Focusing on themes of collaboration and dialogue, the book includes two conversations between First Nations and non-Indigenous authors and an historian's self-reflexive account of mediating between traditional owners and an international art auction house to repatriate art. There are studies of 'reverse appropriation' by early nineteenth-century Aboriginal carvers of tourist artefacts and the production of enigmatic toa. Cross-cultural dialogue is traced from the post-war period to 'Aboriginalism' in design and the First Nations fashion industry of today. Transculturation, conceptualism, and collaboration are contextualised in the 1980s, a pivotal decade for the growth of collaborative First Nations exhibitions.
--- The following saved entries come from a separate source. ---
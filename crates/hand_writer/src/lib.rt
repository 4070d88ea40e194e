// Write: a hand as its record (01, Tiles and the hand record). It takes all input.
#![tactic(auto)]

ghost use Rattle.std.specs.Prelude.{◌≡◌, ◌+◌, ◌*◌, ◌-◌, ◌≤◌, length};
ghost use Rattle.bits.specs.Bits.{pack, fill};
ghost use Rattle.hand_record.specs.Record.{held_widths, widths, held_values, values_of, written_in, written_of, buffer_of};
ghost use Rattle.std.proofs.lemmas.List.Edits.{sets};

use hand::{Hand, Held};
use hand_record::Written;
use refusals::Refusal;

// The bits of tiles held, m melds and then 13 - 3m tiles, and `pad` zero bits, stored from `at` on. An inner call of each writer.
pub fn pack_held(x: Held, b: &mut [u8], at: usize, pad: usize)
    requires { (x.m ≤ 4) × (pad ≤ 8) × (at + 8 * x.m + 6 * (13 - 3 * x.m) + pad ≤ length b.old) }
    ensures { b.new ≡ sets b.old at (pack (held_widths x.m pad) (held_values x)) }
{
    let m = x.m as usize;
    let melds = x.melds;
    let concealed = x.concealed;
    let ew = [8u8; 4];
    let sw = [6u8; 13];
    let k = 13 - 3 * m;
    let from = at + 8 * m;
    bits::pack_into(&ew[..m], &melds[..m], b, at);
    bits::pack_into(&sw[..k], &concealed[..k], b, from);
    bits::put(b, from + 6 * k, pad, 0);
}

// The bits of a hand, with zeros after them.
fn pack_hand(h: Hand) -> [u8; 104]
    requires { h.held.m ≤ 4 }
    ensures { result ≡ fill 104 (pack (widths h.held.m) (values_of h)) }
{
    let f = h.fields;
    let x = h.held;
    let m = x.m;
    let mut b = [0u8; 104];
    let hw = hand_record::HEAD;
    let hv = [
        f.how,
        f.winner,
        f.discarder,
        f.riichi,
        f.situation,
        f.indicator,
        f.winning,
        m,
    ];
    bits::pack_into(&hw, &hv, &mut b, 0);
    pack_held(x, &mut b, 25, hand_record::PADS[m as usize]);
    b
}

// Stores the hand's record at the front of the buffer and gives its length; refused with 2 to 5 or 13, and then no byte is stored.
pub fn try_write(h: Hand, buf: &mut [u8]) -> Result<usize, Refusal>
    ensures value { written_in result ≡ written_of h buf.old }
    ensures buf_after { buf.new ≡ buffer_of h buf.old }
{
    hand_refusals::check_writable(h)?;
    let n = hand_record::LENGTHS[h.held.m as usize];
    if buf.len() < n {
        return Err(Refusal::Buffer);
    }
    let b = pack_hand(h);
    let ew = [8u8; 13];
    bits::unpack_into(&ew[..n], &b, 0, buf);
    Ok(n)
}

// Write, as C is given it: 0 and the record's length, or the refusal and 0.
pub fn write(h: Hand, buf: &mut [u8]) -> Written
    ensures value { result ≡ written_of h buf.old }
    ensures buf_after { buf.new ≡ buffer_of h buf.old }
{
    Written::from(try_write(h, buf))
}
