//! The exit statuses of the programs (docs/guide/command-line.md).

/// Success: the guest exits with 0, `build` wrote the image, `check` accepts it, `walk` wrote the frames, or an audit lists nothing.
pub const DONE: u8 = 0;
/// The guest exits with another number.
pub const EXIT_NONZERO: u8 = 1;
/// The words form no command.
pub const USAGE: u8 = 2;
/// The contents of the files, or a forced unwinding, are refused, and the line says why; or an audit lists something.
pub const REFUSED: u8 = 3;
/// The run ends by terminate.
pub const TERMINATED: u8 = 4;
/// The run ends by a trap.
pub const TRAPPED: u8 = 5;
/// The run ends because its budget is spent.
pub const BUDGET_SPENT: u8 = 6;
/// A read of a file or of the input failed.
pub const READ_FAILED: u8 = 7;
/// A write of the output failed.
pub const WRITE_FAILED: u8 = 8;
/// There was no memory.
pub const NO_MEMORY: u8 = 9;
/// A named file is missing or too long.
pub const FILE_UNAVAILABLE: u8 = 10;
Within the current circumstances of political protest in photographic portraiture and against the mining of sacred Aboriginal land, Crosscurrents in Australian First Nations and Non-Indigenous Art testifies to the need for Australian institutions to collaborate with First Nations people more often and better.
This book will appeal to students and scholars of art history, Indigenous anthropology, and museum and heritage studies.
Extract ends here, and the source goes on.